Damit ist ein Prototyp entstanden, der nach derzeitiger Sicht mindestens drei wesentliche Erkenntnisse für hochalpine Gebäude in Insellage liefert.

- Autarkie wird ökologisch und ökonomisch möglich: durch das hocheffiziente Gebäude- und Energiekonzept ist es damit erstmals möglich hochalpine Bauten auch ohne direkten Leitungsanschluss zu errichten und durch den geringen Energiebedarf auch wirtschaftlich und ökologische verträglich zu betreiben.

- eine neue Dimension im Raumklima wird möglich: Dies lässt sich allein dadurch veranschaulichen, dass im Schiestlhaus in der diesjährigen Winterpause, unbenutzt und unbeheizt, dank solarer Gewinne und dichter, hochgedämmter Gebäudehülle bei alpinen winterlichen Außentemperaturen in den Aufenthaltsräumen Spitzentemperaturen von 15°C gemessen wurden.
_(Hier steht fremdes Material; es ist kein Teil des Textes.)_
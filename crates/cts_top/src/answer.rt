//! The synthesis of an instance, and the text for it.

ghost use Rattle.std.specs.Prelude.{◌≡◌, ◌<◌, ◌≤◌, Err, IfOk};
ghost use Rattle.cts_elmore.specs.Measurement.{HasFigures};
ghost use Rattle.cts_io.specs.Text.{Writes};
ghost use Rattle.cts_report.specs.Report.{IsPrintable};
ghost use Rattle.cts_plain.specs.Ends.{EndsBy};
ghost use Rattle.cts_top.specs.Memos.{TellsEnd};
ghost use Rattle.cts_top.specs.Outcome.{status_of};
ghost use Rattle.cts_top.specs.Synthesised.{ComesOver, IsSynthesised, IsSynthesisedBy, Topology};
ghost use Rattle.cts_top.specs.Text.{TellsComing, TellsSynthesis, TreeText, no_tree_text, told_by};
ghost use Rattle.cts_top.specs.Written.{Answers};

use crate::stop::{Answer, Stop, ended};
use crate::valid::instance_is_valid;
use cts_elmore::Figures;
use cts_instance::Instance;
use cts_io::{ByteSink, SinkBuffer, WriteEnd};
use cts_merge::Steps;
use cts_notes::put_numbered;
use cts_plain::{NoTree, synthesise};
use cts_report::{write_report, write_summary};
use cts_report_workers::write_report_by;
use cts_tree::Tree;
use std::alloc::Global;
use std::marker::Brand;
use std::sync::ledger::{Blank, Ledger};
use std::thread::Threads;

/// The synthesis of an instance with a counter of its own.
fn synthesise_counted<L: Ledger>(
    alloc: Global,
    blank: Blank,
    instance: &Instance,
) -> Result<(Tree, Figures), NoTree>
    requires name { blank.name ≡ L.name }
    requires parts { blank.parts ≡ L.parts }
    requires some { 0 < L.parts }
    ensures synthesised { IsSynthesised instance.now result }
    ensures measured { IfOk result (λ r. HasFigures instance.now r.0 r.1) }
{
    instance_is_valid(instance);
    let mut steps = Steps::<L>::open(blank);
    synthesise(alloc, instance, &mut steps)
}

/// The synthesis of an instance, whose merges nobody counts.
pub fn synthesise_alone(alloc: Global, instance: &Instance) -> Result<(Tree, Figures), NoTree>
    ensures synthesised { IsSynthesised instance.now result }
    ensures measured { IfOk result (λ r. HasFigures instance.now r.0 r.1) }
{
    synthesise_counted::<Brand>(alloc, Blank::new(1), instance)
}

/// The line that says at which node there is no tree.
fn write_no_tree<K: ByteSink>(sink: &mut K, why: &[u8], node: u32) -> Result<(), WriteEnd>
    ensures { Writes K.held K.faults sink.old sink.new (no_tree_text why.now node) result }
{
    let mut out = SinkBuffer::new();
    out.put(sink, b"no tree: ");
    out.put(sink, why);
    put_numbered(&mut out, sink, b" at node ", node as u64);
    out.put(sink, b"\n");
    out.finish(sink)
}

/// Writes that an instance has no tree, unless memory ran out.
pub fn answer_no_tree<K: ByteSink>(
    sink: &mut K,
    instance: &Instance,
    end: NoTree,
) -> Result<Answer, Stop>
    ensures answers { (topology : Topology) (tell : TreeText) → EndsBy (ComesOver topology instance.now) end
        → Answers (TellsComing (ComesOver topology instance.now) tell instance.now) K.held K.faults sink.old sink.new result }
    ensures told { TellsEnd (Err end) (status_of result) }
{
    instance_is_valid(instance);
    match end {
        NoTree::Beyond { node } => ended(write_no_tree(sink, b"beyond", node), Answer::NoTree),
        NoTree::Cut { node } => ended(write_no_tree(sink, b"cut", node), Answer::NoTree),
        NoTree::NoMemory => Err(Stop::NoMemory),
    }
}

/// How a tree is told.
#[derive(Clone, Copy)]
pub enum Telling {
    /// By its report: each node, and the figures of the whole tree.
    Report,
    /// By its summary: the figures of the whole tree alone.
    Summary,
}

fn write_tree<K: ByteSink>(
    sink: &mut K,
    telling: Telling,
    instance: &Instance,
    tree: &Tree,
    figures: &Figures,
) -> Result<(), WriteEnd>
    requires { IsPrintable tree.now figures.now }
    ensures { Writes K.held K.faults sink.old sink.new (told_by telling instance.now.version tree.now figures.now) result }
{
    match telling {
        Telling::Report => write_report(sink, instance, tree, figures),
        Telling::Summary => write_summary(sink, tree, figures),
    }
}

/// Writes the text for a synthesis of an instance over any topology: its tree, told so, or the line that says why it
/// has none.
pub fn answer_synthesis<K: ByteSink>(
    sink: &mut K,
    telling: Telling,
    instance: &Instance,
    synthesis: Result<(Tree, Figures), NoTree>,
) -> Result<Answer, Stop>
    requires { IfOk synthesis (λ r. IsPrintable r.0 r.1) }
    ensures answers { (topology : Topology) → IsSynthesisedBy (ComesOver topology instance.now) instance.now synthesis
        → Answers (TellsComing (ComesOver topology instance.now) (told_by telling) instance.now) K.held K.faults sink.old sink.new result }
    ensures told { TellsEnd synthesis (status_of result) }
{
    instance_is_valid(instance);
    match synthesis {
        Ok((tree, figures)) => {
            let written = write_tree(sink, telling, instance, &tree, &figures);
            ended(written, Answer::Text)
        }
        Err(end) => answer_no_tree(sink, instance, end),
    }
}

/// As [`write_tree`], with so many workers for a report.
fn write_tree_by<R: Threads + Sync, K: ByteSink>(
    rt: &R,
    alloc: Global,
    workers: u32,
    sink: &mut K,
    telling: Telling,
    instance: &Instance,
    tree: &Tree,
    figures: &Figures,
) -> Result<(), WriteEnd>
    requires printable { IsPrintable tree.now figures.now }
    requires few { workers ≤ 64 }
    ensures { Writes K.held K.faults sink.old sink.new (told_by telling instance.now.version tree.now figures.now) result }
{
    match telling {
        Telling::Report => write_report_by(rt, alloc, workers, sink, instance, tree, figures),
        Telling::Summary => write_summary(sink, tree, figures),
    }
}

/// As [`answer_synthesis`], with so many workers for a report.
pub(crate) fn answer_synthesis_by<R: Threads + Sync, K: ByteSink>(
    rt: &R,
    alloc: Global,
    workers: u32,
    sink: &mut K,
    telling: Telling,
    instance: &Instance,
    synthesis: Result<(Tree, Figures), NoTree>,
) -> Result<Answer, Stop>
    requires printable { IfOk synthesis (λ r. IsPrintable r.0 r.1) }
    requires few { workers ≤ 64 }
    ensures answers { (topology : Topology) → IsSynthesisedBy (ComesOver topology instance.now) instance.now synthesis
        → Answers (TellsComing (ComesOver topology instance.now) (told_by telling) instance.now) K.held K.faults sink.old sink.new result }
    ensures told { TellsEnd synthesis (status_of result) }
{
    instance_is_valid(instance);
    match synthesis {
        Ok((tree, figures)) => {
            let written = write_tree_by(
                rt, alloc, workers, sink, telling, instance, &tree, &figures,
            );
            ended(written, Answer::Text)
        }
        Err(end) => answer_no_tree(sink, instance, end),
    }
}

/// Writes the text for the synthesis of an instance by one thread.
pub fn answer_instance<K: ByteSink>(
    alloc: Global,
    sink: &mut K,
    telling: Telling,
    instance: &Instance,
) -> Result<Answer, Stop>
    ensures { Answers (TellsSynthesis (told_by telling) instance.now) K.held K.faults sink.old sink.new result }
{
    answer_synthesis(sink, telling, instance, synthesise_alone(alloc, instance))
}
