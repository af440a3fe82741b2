//! The words of `trunk STEP J`.

ghost use Rattle.std.specs.Prelude.{◌≡◌, ◌↔◌, ℕ, Some, codes, [], ◌∷◌};
ghost use Rattle.cts_top.specs.TrunkWords.{IsBufferIndex, IsStep};
ghost use Rattle.cts_top.specs.Words.{AsksFor};

use crate::words::Form;
use cts_num::read_decimal;

/// The trunk of two words.
pub fn trunk(step: &[u8], buffer: &[u8]) -> Option<Form>
    ensures { (form : Form) → (result ≡ Some form) ↔ AsksFor (codes "trunk" ∷ step.now ∷ buffer.now ∷ []) form }
{
    let (step, buffer) = step_of(step).zip(buffer_of(buffer))?;
    Some(Form::Trunk { step, buffer })
}

/// The step in nm that a word tells in µm.
fn step_of(word: &[u8]) -> Option<u64>
    ensures { (step : ℕ) → (result ≡ Some step) ↔ IsStep word.now step }
{
    let step = read_decimal(word, 3).ok()?;
    if 1 <= step && step < 1 << 31 {
        Some(step)
    } else {
        None
    }
}

/// The index of a buffer that a word tells.
fn buffer_of(word: &[u8]) -> Option<u16>
    ensures { (index : ℕ) → (result ≡ Some index) ↔ IsBufferIndex word.now index }
{
    let index = read_decimal(word, 0).ok()?;
    if index <= 15 {
        Some(index as u16)
    } else {
        None
    }
}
Im Betrieb reduziert sich der Heizwärmebedarf noch zusätzlich durch die Abwärme der Gäste und der Küche, so dass der Energieverbrauch sensationell niedrig ist. Das Haus wird somit auch als Stützpunkt im Winter in Betrieb gehen können. Die in diesen Höhen neuartige Lüftungsanlage gewährt sowohl in der Stube als auch in den Schlafräumen ausgezeichnete Raumluft und regenerativen Schlaf.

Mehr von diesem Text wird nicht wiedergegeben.